TASK
Below are the entries; count how many lines contain the word "through" and reply with that number alone.

━━ DATA TO USE ━━

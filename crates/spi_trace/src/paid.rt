// Whether events are paid.

ghost use Rattle.std.specs.Prelude.{◌≡◌, ◌↔◌, ◌<◌, ◌^◌, IsTrue, [], ◌∷◌, length, map};
ghost use Rattle.spi_term.specs.View.{message};
ghost use Rattle.spi_run.specs.Reduction.{begun};
ghost use Rattle.spi_run.specs.Safety.{begins_of, ends_of, Paid, PaidMany};
ghost use Rattle.spi_run.specs.View.{event};
ghost use Rattle.spi_trace.specs.Next.{EndIsPaid, ManyIsPaid, IsPaidAs, Each};

use spi_run::Event;
use spi_term::{Msg, same_message};

// How many begins of the label a begin of the other one is.
fn count_begin(label: &Msg, other: &Msg) -> usize
    ensures { result ≡ begins_of (message label.now) (begun (message other.now) ∷ []) }
{
    if same_message(label, other) { 1 } else { 0 }
}

// How many begins of the label an event is.
fn begins_in(e: &Event, label: &Msg) -> usize
    ensures { result ≡ begins_of (message label.now) (event e.now ∷ []) }
{
    match e {
        Event::Begin(other) => count_begin(label, other),
        Event::End(_) => 0,
        Event::EndMany(_) => 0,
    }
}

// How many ends of the label an event is.
fn ends_in(e: &Event, label: &Msg) -> usize
    ensures { result ≡ ends_of (message label.now) (event e.now ∷ []) }
{
    match e {
        Event::Begin(_) => 0,
        Event::End(other) => count_begin(label, other),
        Event::EndMany(_) => 0,
    }
}

fn count_begins(events: &[Event], label: &Msg) -> usize
    ensures { result ≡ begins_of (message label.now) (map event events.now) }
{
    let mut n = 0;
    for e in events {
        n += begins_in(e, label);
    }
    n
}

fn count_ends(events: &[Event], label: &Msg) -> usize
    ensures { result ≡ ends_of (message label.now) (map event events.now) }
{
    let mut n = 0;
    for e in events {
        n += ends_in(e, label);
    }
    n
}

fn is_end_paid(before: &[Event], e: &Event) -> bool
    ensures { IsTrue result ↔ EndIsPaid (map event before.now) (event e.now) }
{
    match e {
        Event::Begin(_) => true,
        Event::End(label) => count_ends(before, label) < count_begins(before, label),
        Event::EndMany(_) => true,
    }
}

fn is_many_paid(before: &[Event], e: &Event) -> bool
    ensures { IsTrue result ↔ ManyIsPaid (map event before.now) (event e.now) }
{
    match e {
        Event::Begin(_) => true,
        Event::End(_) => true,
        Event::EndMany(label) => 0 < count_begins(before, label),
    }
}

/// Which ends are asked for: those that take a begin each, or those that share one.
#[derive(Clone, Copy)]
pub enum Ends {
    Single,
    Many,
}

fn is_paid(ends: Ends, before: &[Event], e: &Event) -> bool
    ensures { IsTrue result ↔ IsPaidAs ends (map event before.now) (event e.now) }
{
    match ends {
        Ends::Single => is_end_paid(before, e),
        Ends::Many => is_many_paid(before, e),
    }
}

// Whether each of these ends is paid by the events before it.
fn are_paid(ends: Ends, events: &[Event]) -> bool
    requires { length events.now < 2 ^ 32 }
    ensures { IsTrue result ↔ Each (IsPaidAs ends) (map event events.now) }
{
    for place in 0..events.len() {
        if !is_paid(ends, &events[..place], &events[place]) {
            return false;
        }
    }
    true
}

/// Whether every prefix of the events has at most as many ends of each label as begins of it. It takes no memory,
/// and looks through the events before each end.
pub fn always_paid(events: &[Event]) -> bool
    requires { length events.now < 2 ^ 32 }
    ensures { IsTrue result ↔ Paid (map event events.now) }
{
    are_paid(Ends::Single, events)
}

/// Whether each endmany has an earlier begin of its label. It takes no memory, and looks through the events before
/// each endmany.
pub fn always_paid_many(events: &[Event]) -> bool
    requires { length events.now < 2 ^ 32 }
    ensures { IsTrue result ↔ PaidMany (map event events.now) }
{
    are_paid(Ends::Many, events)
}
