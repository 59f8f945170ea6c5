// Which player is asked next.

ghost use Rattle.std.specs.Prelude.{◌≡◌, ◌<◌, ◌≤◌};
ghost use Rattle.std.specs.Option.{ForSome};
ghost use Rattle.spi_play.specs.Play.{first_seat, after_take, after_leave};

// The place that is asked first.
pub(crate) fn place_at_first(only: Option<usize>, players: usize) -> Option<usize>
    requires { ForSome only (λ place. place < players) }
    ensures place { result ≡ first_seat only players }
    ensures within { ForSome result (λ place. place < players) }
{
    match only {
        Some(place) => Some(place),
        None if players == 0 => None,
        None => Some(0),
    }
}

// The place that is asked after the player at this one took a step.
pub(crate) fn place_after_take(only: Option<usize>, place: usize, players: usize) -> Option<usize>
    requires { place < players }
    ensures place { result ≡ after_take only place players }
    ensures within { ForSome result (λ place. place < players) }
{
    match only {
        Some(_) => Some(place),
        None if place + 1 == players => Some(0),
        None => Some(place + 1),
    }
}

// The place that is asked after the player at this one left so many players.
pub(crate) fn place_after_leave(only: Option<usize>, place: usize, players: usize) -> Option<usize>
    requires { place ≤ players }
    ensures place { result ≡ after_leave only place players }
    ensures within { ForSome result (λ place. place < players) }
{
    match only {
        Some(_) => None,
        None if players == 0 => None,
        None if place == players => Some(0),
        None => Some(place),
    }
}
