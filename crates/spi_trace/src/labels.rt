// Numbers for labels.

ghost use Rattle.std.specs.Prelude.{◌≡◌, IfOk, map};
ghost use Rattle.spi_term.specs.View.{message};
ghost use Rattle.spi_run.specs.View.{event};
ghost use Rattle.spi_trace.specs.Labels.{label_of, AreNumbered};

use crate::NoMemory;
use spi_intern::Store;
use spi_run::Event;
use spi_term::Msg;
use std::alloc::Global;

/// The number of each event's label, all below `bound`.
#[derive(Drop)]
pub struct Labels {
    pub numbers: Vec<usize>,
    pub bound: usize,
}

fn label(e: &Event) -> &Msg
    ensures { message result.now ≡ label_of (event e.now) }
{
    match e {
        Event::Begin(m) => m,
        Event::End(m) => m,
        Event::EndMany(m) => m,
    }
}

/// Numbers for the labels of events: equal labels have equal numbers, and different ones different numbers.
pub fn number_labels(alloc: Global, events: &[Event]) -> Result<Labels, NoMemory>
    ensures { IfOk result (λ labels. AreNumbered (map event events.now) labels.numbers.items labels.bound) }
{
    let mut store = Store::new(alloc);
    let mut numbers = Vec::new(alloc);
    for e in events {
        let id = store.message(label(e))?;
        numbers.push(id.place())?;
    }
    let bound = store.distinct() as usize;
    Ok(Labels { numbers, bound })
}
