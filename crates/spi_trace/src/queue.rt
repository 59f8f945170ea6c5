// The begins of one label.

ghost use Rattle.std.specs.Prelude.{◌≡◌, ◌<◌, IfOk, OnOk, length, map, slice_get, replicate};
ghost use Rattle.spi_run.specs.View.{event};
ghost use Rattle.spi_trace.specs.Queue.{queue, no_begins, with_begin, next, one_taken, IsPaidFrom};

use crate::NoMemory;
use spi_run::Event;
use std::alloc::Global;

/// The places of the begins of one label, in order, and how many of them ends have taken: the first ones.
#[derive(Drop)]
pub struct Begins {
    places: Vec<u32>,
    taken: usize,
}

impl Begins {
    fn new(alloc: Global) -> Begins
        ensures { queue result ≡ no_begins }
    {
        Begins {
            places: Vec::new(alloc),
            taken: 0,
        }
    }

    fn add(&mut self, place: u32) -> Result<(), NoMemory>
        ensures { OnOk result (queue self.new ≡ with_begin (queue self.old) place) }
    {
        self.places.push(place)?;
        Ok(())
    }

    // The earliest, whether or not it is taken.
    fn first(&self) -> Option<u32>
        ensures { result ≡ slice_get (queue self.now).places 0 }
    {
        self.places.first().copied()
    }

    // The earliest that isn't taken, which then is.
    fn take(&mut self) -> Option<u32>
        ensures next { result ≡ next (queue self.old) }
        ensures left { queue self.new ≡ one_taken (next (queue self.old)) (queue self.old) }
    {
        match self.places.get(self.taken) {
            None => None,
            Some(place) => {
                let place = *place;
                self.taken += 1;
                Some(place)
            }
        }
    }
}

/// The begins of labels with numbers below `bound`: none.
pub fn empty(alloc: Global, bound: usize) -> Result<Vec<Begins>, NoMemory>
    ensures { IfOk result (λ queues. map queue queues.items ≡ replicate bound no_begins) }
{
    let mut queues = Vec::new(alloc);
    for _number in 0..bound {
        queues.push(Begins::new(alloc))?;
    }
    Ok(queues)
}

/// The begin that pays for an event, which has this place, out of those of its label, which has this number. A begin
/// is kept.
pub fn pay(
    queues: &mut [Begins],
    number: usize,
    e: &Event,
    place: u32,
) -> Result<Option<u32>, NoMemory>
    requires { number < length queues.old }
    ensures { IfOk result
        (λ begin. IsPaidFrom (event e.now) place number (map queue queues.old) (map queue queues.new) begin) }
{
    match e {
        Event::Begin(_) => {
            queues[number].add(place)?;
            Ok(None)
        }
        Event::End(_) => Ok(queues[number].take()),
        Event::EndMany(_) => Ok(queues[number].first()),
    }
}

━━━

EXERCISE RESPONSE
2